First, we are given the value of [tex]\( x \)[/tex], which is:
[tex]\[ x = 11 - 2\sqrt{30} \][/tex]
### Step 1: Compute [tex]\( \sqrt{x} \)[/tex]
The first step is to find the square root of [tex]\( x \)[/tex]:
[tex]\[ \sqrt{x} = \sqrt{11 - 2\sqrt{30}} \][/tex]
Given the result from the calculations, we know:
[tex]\[ \sqrt{x} = 0.21342176528338816 \][/tex]
### Step 2: Compute the reciprocal of [tex]\( \sqrt{x} \)[/tex]
Next, we need to find the reciprocal of [tex]\( \sqrt{x} \)[/tex]:
[tex]\[ \frac{1}{\sqrt{x}} \][/tex]
Given the result from the calculations, we know:
[tex]\[ \frac{1}{\sqrt{x}} = 4.685557720282973 \][/tex]

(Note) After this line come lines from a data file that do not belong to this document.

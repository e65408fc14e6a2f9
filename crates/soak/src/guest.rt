//! What a guest does: at random, within its own memory.
use crate::round::{Kind, Plan};
use guest_memory::GuestMem;
use guest_port::{GuestPort, LockedPort};
use rand_pcg::Pcg32;
use rand_pcg::rand_core::Rng;
use std::sync::Wait;
use std::sync::ledger::Ledger;
use std::thread::yield_now;
use std::time::Clock;
use vf_unit::offsets::{
    ENABLE, RDBAL0, RDH0, RDLEN0, RDT0, RXDCTL0, SRRCTL0, TDBAL0, TDH0, TDLEN0, TDT0, TXDCTL0,
    VFGPRC, VFLINKS, VTEIAC, VTEICR, VTEICS, VTEIMC, VTEIMS, VTIVAR,
};
use wire_frame::Fault;

/// How many descriptors each of its rings has.
const COUNT: u32 = 8;
/// Where its ring of receive descriptors stands, and that of transmit descriptors.
const RECEIVE: u32 = 0x1000;

const TRANSMIT: u32 = 0x2000;
/// Where its receive buffers begin, of 2 KiB each, and where the bytes stand that it sends.
const BUFFERS: u64 = 0x4000;

const SENT: u64 = 0x8000;
/// Where it writes what it reads back: no descriptor names it.
const OWN: u64 = 0xE000;

/// Its registers, and what they are written with.
const SET_UP: [(u32, u32); 11] = [
    (VTIVAR, 0x8180),
    (VTEIAC, 7),
    (VTEIMS, 7),
    (RDBAL0, RECEIVE),
    (RDLEN0, 16 * COUNT),
    (SRRCTL0, 0x0200_0002),
    (RXDCTL0, 1 << ENABLE),
    (RDT0, COUNT - 1),
    (TDBAL0, TRANSMIT),
    (TDLEN0, 16 * COUNT),
    (TXDCTL0, 1 << ENABLE),
];
/// The registers that it reads at random.
const READ: [u32; 8] = [VFLINKS, VTEICR, VTEIMS, VTIVAR, RDH0, RDT0, TDH0, VFGPRC];
/// The registers that it writes at random.
const WRITTEN: [u32; 6] = [VTEICS, VTEIMS, VTEIMC, VTEIAC, VTIVAR, VTEICR];

/// What a guest has done, and what it saw.
#[derive(Clone, Copy, Default)]
pub struct Life {
    /// How many turns it did, of one call or a few.
    pub turns: u64,
    /// How often it found the history full.
    pub full: u64,
    /// How many messages it took.
    pub messages: u64,
    /// How often it read back something else than it wrote.
    pub wrong: u64,
}

impl Life {
    /// What both did together.
    pub fn and(self, other: Life) -> Life {
        Life {
            turns: self.turns.wrapping_add(other.turns),
            full: self.full.wrapping_add(other.full),
            messages: self.messages.wrapping_add(other.messages),
            wrong: self.wrong.wrapping_add(other.wrong),
        }
    }
}

/// What it wrote last at the place that is its own.
type Own = [u8; 16];

/// Lives until it is over. Where the history is full it waits for it to be folded, or ends if it is not.
pub fn live<M: GuestMem, L: Ledger, P: GuestPort, R: Wait + Clock>(
    rt: &R,
    port: &mut LockedPort<M, L, P>,
    plan: Plan,
) -> Life {
    let is_folded = plan.kind == Kind::Fold;
    let mut chance = Pcg32::new(plan.seed, u64::from(port.pool()));
    let mut own = [0; 16];
    let mut life = Life::default();
    for _ in rt.forever() {
        if plan.until.is_over(rt, life.turns) {
            break;
        }
        if turn(rt, port, &mut chance, &mut own, &mut life) == Err(Fault::HistoryFull) {
            life.full = life.full.wrapping_add(1);
            if !is_folded {
                break;
            }
            yield_now();
        }
        life.turns = life.turns.wrapping_add(1);
    }
    life
}

// One turn. What is refused otherwise than by a full history is a call made.
fn turn<M: GuestMem, L: Ledger, P: GuestPort, R: Wait>(
    rt: &R,
    port: &mut LockedPort<M, L, P>,
    chance: &mut Pcg32,
    own: &mut Own,
    life: &mut Life,
) -> Result<(), Fault> {
    let value = chance.next_u32();
    match chance.next_u32() % 32 {
        0 => set_up(rt, port),
        1 => port.flr(rt),
        2..=6 => write_own(rt, port, value, own),
        7..=11 => read_own(rt, port, own, life),
        12..=14 => send(rt, port, value),
        15..=17 => port.reg_write(rt, RDT0, value % COUNT),
        18..=23 => port.reg_write(rt, WRITTEN[(value % 6) as usize], value >> 8),
        24..=29 => port.reg_read(rt, READ[(value % 8) as usize]).map(|_| ()),
        30 => port
            .mem_read(rt, u64::from(value), (value >> 20) as u16)
            .map(|_| ()),
        _ => {
            let taken = port.take_irqs();
            life.messages = life.messages.wrapping_add(u64::from(taken.count_ones()));
            Ok(())
        }
    }
}

// Sets both rings up.
fn set_up<M: GuestMem, L: Ledger, P: GuestPort, R: Wait>(
    rt: &R,
    port: &mut LockedPort<M, L, P>,
) -> Result<(), Fault> {
    for index in 0..u64::from(COUNT) {
        let buffer = BUFFERS + 2048 * index;
        port.mem_write(rt, u64::from(RECEIVE) + 16 * index, &buffer.to_le_bytes())?;
    }
    for (offset, value) in SET_UP {
        port.reg_write(rt, offset, value)?;
    }
    Ok(())
}

// Writes a frame for another guest, or for all, and a descriptor that sends it, and moves the tail on.
fn send<M: GuestMem, L: Ledger, P: GuestPort, R: Wait>(
    rt: &R,
    port: &mut LockedPort<M, L, P>,
    value: u32,
) -> Result<(), Fault> {
    let index = value % COUNT;
    let mut frame = [0; 60];
    let bytes = crate::wire::head(value, port.pool());
    frame[..14].copy_from_slice(&bytes);
    port.mem_write(rt, SENT, &frame)?;
    let at = u64::from(TRANSMIT) + 16 * u64::from(index);
    port.mem_write(rt, at, &SENT.to_le_bytes())?;
    port.mem_write(rt, at + 8, &[60, 0, 0, 9, 0, 0, 0, 0])?;
    port.reg_write(rt, TDT0, (index + 1) % COUNT)
}

// Writes at the place that is its own.
fn write_own<M: GuestMem, L: Ledger, P: GuestPort, R: Wait>(
    rt: &R,
    port: &mut LockedPort<M, L, P>,
    value: u32,
    own: &mut Own,
) -> Result<(), Fault> {
    let bytes = [value.to_le_bytes()[0] ^ port.pool(); 16];
    port.mem_write(rt, OWN, &bytes)?;
    *own = bytes;
    Ok(())
}

// Reads there, and counts where something else stands than it wrote.
fn read_own<M: GuestMem, L: Ledger, P: GuestPort, R: Wait>(
    rt: &R,
    port: &mut LockedPort<M, L, P>,
    own: &Own,
    life: &mut Life,
) -> Result<(), Fault> {
    let mut read = [0; 16];
    port.mem_read_into(rt, OWN, &mut read)?;
    if read != *own {
        life.wrong = life.wrong.wrapping_add(1);
    }
    Ok(())
}
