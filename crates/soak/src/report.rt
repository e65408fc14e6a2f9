//! What is printed of rounds.
use crate::round::{Figures, Kind};
use std::io;
use std::io::Write;

impl Figures {
    /// Whether a round of this kind came out right: each guest read what it wrote, and the calls that were folded away and
    /// those that are kept are all that the shares tell. A history that is folded was folded, and one that is filled is full
    /// and replays.
    pub fn is_right(&self, kind: Kind, cap: usize) -> bool {
        let ended = match kind {
            Kind::Fold => self.folds > 0,
            Kind::Fill => self.folded == 0 && self.kept == cap as u64 && self.replays,
        };
        let all = self.folded.checked_add(self.kept) == Some(self.calls());
        self.life.wrong == 0 && all && ended
    }

    /// How many calls the shares tell together.
    fn calls(&self) -> u64 {
        let mut calls = 0u64;
        for count in self.told {
            calls = calls.wrapping_add(count);
        }
        calls
    }

    /// The figures of two rounds together.
    pub fn and(self, other: Figures) -> Figures {
        let mut told = self.told;
        for (sum, count) in told.iter_mut().zip(other.told) {
            *sum = sum.wrapping_add(count);
        }
        Figures {
            life: self.life.and(other.life),
            frames: self.frames.wrapping_add(other.frames),
            folds: self.folds.wrapping_add(other.folds),
            folded: self.folded.wrapping_add(other.folded),
            kept: self.kept.wrapping_add(other.kept),
            told,
            replays: other.replays,
        }
    }
}

/// Prints the figures of rounds that came out right and took so many seconds.
pub fn print<W: Write>(
    out: &mut W,
    kind: Kind,
    figures: &Figures,
    rounds: u64,
    seconds: u64,
) -> io::Result<()> {
    let calls = figures.calls();
    let [ports, driver, pump, service] = figures.told;
    let a_second = calls / u64::max(seconds, 1);
    let Figures {
        folded,
        kept,
        folds,
        frames,
        life,
        ..
    } = figures;
    writeln!(
        out,
        "{kind:?}: rounds {rounds}, seconds {seconds}, all right"
    )?;
    writeln!(out, "calls {calls}, a second {a_second}")?;
    writeln!(
        out,
        "of ports {ports}, driver {driver}, pump {pump}, service {service}"
    )?;
    writeln!(out, "folded {folded}, kept {kept}, folds {folds}")?;
    writeln!(
        out,
        "frames sent from the wire {frames}, messages taken {}",
        life.messages
    )?;
    writeln!(
        out,
        "guests' turns that found the history full {}",
        life.full
    )
}
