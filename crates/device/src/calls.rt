//! The calls by name, one for each kind of event, for who embeds a device.
ghost use Rattle.std.specs.Prelude.{◌≡◌, ◌<◌, ◌≤◌, ℕ, List, false, length, slice_set, Some, None, OnErr, if◌then◌else◌};
ghost use Rattle.irq_causes.specs.Messages.{no_messages};
ghost use Rattle.vf_unit.specs.Unit.{bytes_at};
ghost use Rattle.device.specs.declared.event.Event.{Event};
ghost use Rattle.device.specs.declared.event.Reply.{Reply};
ghost use Rattle.device.specs.declared.room.Room.{Room};
ghost use Rattle.device.specs.World.{silently, function_of, with_function, step, sizes_of};
ghost use Rattle.device.specs.Accesses.{accesses_by, own_service_accesses};
ghost use Rattle.device.specs.Live.{told_world, told_service, TakesLive, AreListed, AreMet};
ghost use Rattle.device.specs.Replies.{is_sent};
ghost use Rattle.device.specs.Takes.{Takes};
ghost use Rattle.device.specs.Outcome.{reply_of, done_or_refused, value_or_refused, bytes_or_refused, messages_or_refused};

use crate::act;
use crate::act::{PF_SPACE, is_bad_offset};
use crate::bytes::{MOST_BYTES, MemSlice};
use crate::device::Device;
use crate::outcome::{Acted, Outcome};
use crate::resets::{clear_resets, read_resets};
use crate::response::Response;
use crate::room::Room;
use crate::service::serve_queue_live;
use crate::switching::{end_all, note};
use guest_memory::GuestMem;
use irq_causes::{Messages, Vectors};
use live_memory::Dma;
use local_switch::Source;
use pool_filter::PoolRules;
use vf_unit::Queue;
use wire_frame::{Fault, Frame, FrameBuf, PoolId};
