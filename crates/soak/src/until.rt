//! When a soak is over.
use std::time::{Clock, Instant};

/// How many turns pass between two looks at the clock.
const LOOKS: u64 = 256;

/// When the threads of a round end.
#[derive(Clone, Copy)]
pub struct Until {
    /// When the round began.
    pub start: Instant,
    /// After how many seconds it is over.
    pub seconds: u64,
    /// How many turns a thread does at most.
    pub turns: u64,
}

impl Until {
    /// Whether a thread that did so many turns ends. It ends too where there is no clock.
    pub fn is_over<R: Clock>(&self, rt: &R, turns: u64) -> bool {
        turns >= self.turns || (turns % LOOKS == 0 && self.is_past(rt))
    }

    /// Whether the time is over.
    pub fn is_past<R: Clock>(&self, rt: &R) -> bool {
        match self.start.elapsed(rt) {
            Ok(time) => time.as_secs() >= self.seconds,
            Err(_) => true,
        }
    }
}
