//! The threads of a round.
ghost use Rattle.std.specs.Prelude.{◌≡◌};
ghost use Rattle.history.specs.declared.caller.Caller.TheVariants.{Pump};
ghost use Rattle.irq_line.specs.Line.{AreSeatsOf};
ghost use Rattle.recorder.specs.Made.{AreSharesOf};

use crate::guest::{Life, live};
use crate::round::{Figures, Kind, Plan};
use crate::wire::{feed, pumping};
use anyhow::{Result, anyhow};
use device_lock::{LockedDevice, Share, Shares};
use guest_memory::GuestMem;
use guest_port::{GuestPort, IrqPort, LockedPort};
use irq_line::GuestSeat;
use lock_support::{last_seat, port_share};
use std::alloc::Global;
use std::sync::ledger::Ledger;
use std::sync::{Arc, Wait};
use std::thread;
use std::thread::{JoinHandle, Threads};
use std::time::Clock;
use wire_pump::{LockedDoor, channel};

// A port of a seat, with the device and its share.
fn seated<M: GuestMem, L: Ledger>(
    alloc: Global,
    device: &Arc<LockedDevice<M, L>>,
    shares: &mut Shares<L>,
    seat: GuestSeat,
) -> Result<LockedPort<M, L, IrqPort>>
    requires line { seat.line ≡ shares.old.pump.line }
    requires shares { AreSharesOf shares.old.pump.line shares.old.ports.items }
    ensures shares { AreSharesOf shares.new.pump.line shares.new.ports.items }
    ensures pump { shares.new.pump ≡ shares.old.pump }
{
    let pool = seat.pool();
    let (port, _note) = match IrqPort::new(alloc, pool, seat) {
        Ok(made) => made,
        Err(fault) => return Err(anyhow!("no port: {fault}")),
    };
    let Some(share) = port_share(shares, pool) else {
        return Err(anyhow!("a pool has two ports"));
    };
    let Ok(device) = Arc::try_clone(device) else {
        return Err(anyhow!("the device has too many owners"));
    };
    Ok(LockedPort::new(device, share, port))
}

/// The ports of all seats, with the device and their shares.
pub fn seat_all<M: GuestMem, L: Ledger>(
    alloc: Global,
    device: &Arc<LockedDevice<M, L>>,
    shares: &mut Shares<L>,
    mut seats: Vec<GuestSeat>,
) -> Result<Vec<LockedPort<M, L, IrqPort>>>
    requires seats { AreSeatsOf shares.old.pump.line seats.items }
    requires shares { AreSharesOf shares.old.pump.line shares.old.ports.items }
    ensures { shares.new.pump ≡ shares.old.pump }
{
    let mut ports = Vec::with_capacity(alloc, seats.len())?;
    for _ in 0..64u8 {
        let Some(seat) = last_seat(&mut seats, &shares.pump) else {
            break;
        };
        ports.push(seated(alloc, device, shares, seat)?)?;
    }
    Ok(ports)
}

// A guest's life, and the share of its port after it.
fn live_and_close<M: GuestMem, L: Ledger, R: Wait + Clock>(
    rt: &R,
    port: &mut LockedPort<M, L, IrqPort>,
    plan: Plan,
) -> (Life, Option<Share<L>>) {
    let life = live(rt, port, plan);
    let share = match port.close() {
        Some((share, tokens)) => {
            drop(tokens);
            Some(share)
        }
        None => None,
    };
    (life, share)
}

/// The threads that run: a guest's for each port, the pump's, and that of the wire.
#[derive(Drop)]
pub struct Crew<L: Ledger> {
    guests: Vec<JoinHandle<(Life, Option<Share<L>>)>>,
    pump: JoinHandle<Share<L>>,
    wire: JoinHandle<u64>,
}

impl<L: Ledger + Send + Sync + 'static> Crew<L> {
    /// Starts them.
    pub fn start<M: GuestMem + Send + 'static, R: Threads + Wait + Clock + Copy + Send + 'static>(
        rt: R,
        alloc: Global,
        device: &Arc<LockedDevice<M, L>>,
        ports: Vec<LockedPort<M, L, IrqPort>>,
        pump: Share<L>,
        plan: Plan,
    ) -> Result<Crew<L>>
        requires { pump.caller ≡ Pump }
    {
        let is_folded = plan.kind == Kind::Fold;
        let (mut sender, receiver) = channel(alloc)?;
        let door = LockedDoor::new(Arc::try_clone(device)?, pump);
        let pump = thread::spawn(&rt, move || pumping(&rt, receiver, door, is_folded))?;
        let wire = thread::spawn(&rt, move || feed(&rt, &mut sender, plan.until, plan.seed))?;
        let mut guests = Vec::with_capacity(alloc, ports.len())?;
        for port in ports {
            let work = move || {
                let mut port = port;
                live_and_close(&rt, &mut port, plan)
            };
            guests.push(thread::spawn(&rt, work)?)?;
        }
        Ok(Crew { guests, pump, wire })
    }

    /// Waits for all, puts their shares behind the others, and adds up what they did.
    pub fn join<R: Threads>(
        self,
        rt: &R,
        shares: &mut Vec<Share<L>>,
        figures: &mut Figures,
    ) -> Result<()> {
        let Crew { guests, pump, wire } = self;
        for guest in guests {
            let (life, share) = guest.join(rt);
            figures.life = figures.life.and(life);
            if let Some(share) = share {
                shares.push(share)?;
            }
        }
        figures.frames = wire.join(rt);
        shares.push(pump.join(rt))?;
        Ok(())
    }
}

### Step 3: Compute [tex]\( \sqrt{x} + \frac{1}{\sqrt{x}} \)[/tex]
Now, we will determine the value of the expression:
[tex]\[ \sqrt{x} + \frac{1}{\sqrt{x}} \][/tex]
Substitute the values we have:
[tex]\[ \sqrt{x} + \frac{1}{\sqrt{x}} = 0.21342176528338816 + 4.685557720282973 \][/tex]
Add these values together:
[tex]\[ \sqrt{x} + \frac{1}{\sqrt{x}} = 4.898979485566361 \][/tex]
### Step 4: Compute [tex]\( \sqrt{x} - \frac{1}{\sqrt{x}} \)[/tex]
Next, we determine the value of the expression:
[tex]\[ \sqrt{x} - \frac{1}{\sqrt{x}} \][/tex]
Substitute the values we have:
[tex]\[ \sqrt{x} - \frac{1}{\sqrt{x}} = 0.21342176528338816 - 4.685557720282973 \][/tex]
Subtract these values:
[tex]\[ \sqrt{x} - \frac{1}{\sqrt{x}} = -4.472135954999585 \][/tex]
### Summary
Thus, the values are:
(i) [tex]\(\sqrt{x} + \frac{1}{\sqrt{x}} = 4.898979485566361\)[/tex]
(ii) [tex]\(\sqrt{x} - \frac{1}{\sqrt{x}} = -4.472135954999585\)[/tex]
These are the required values for the given expressions.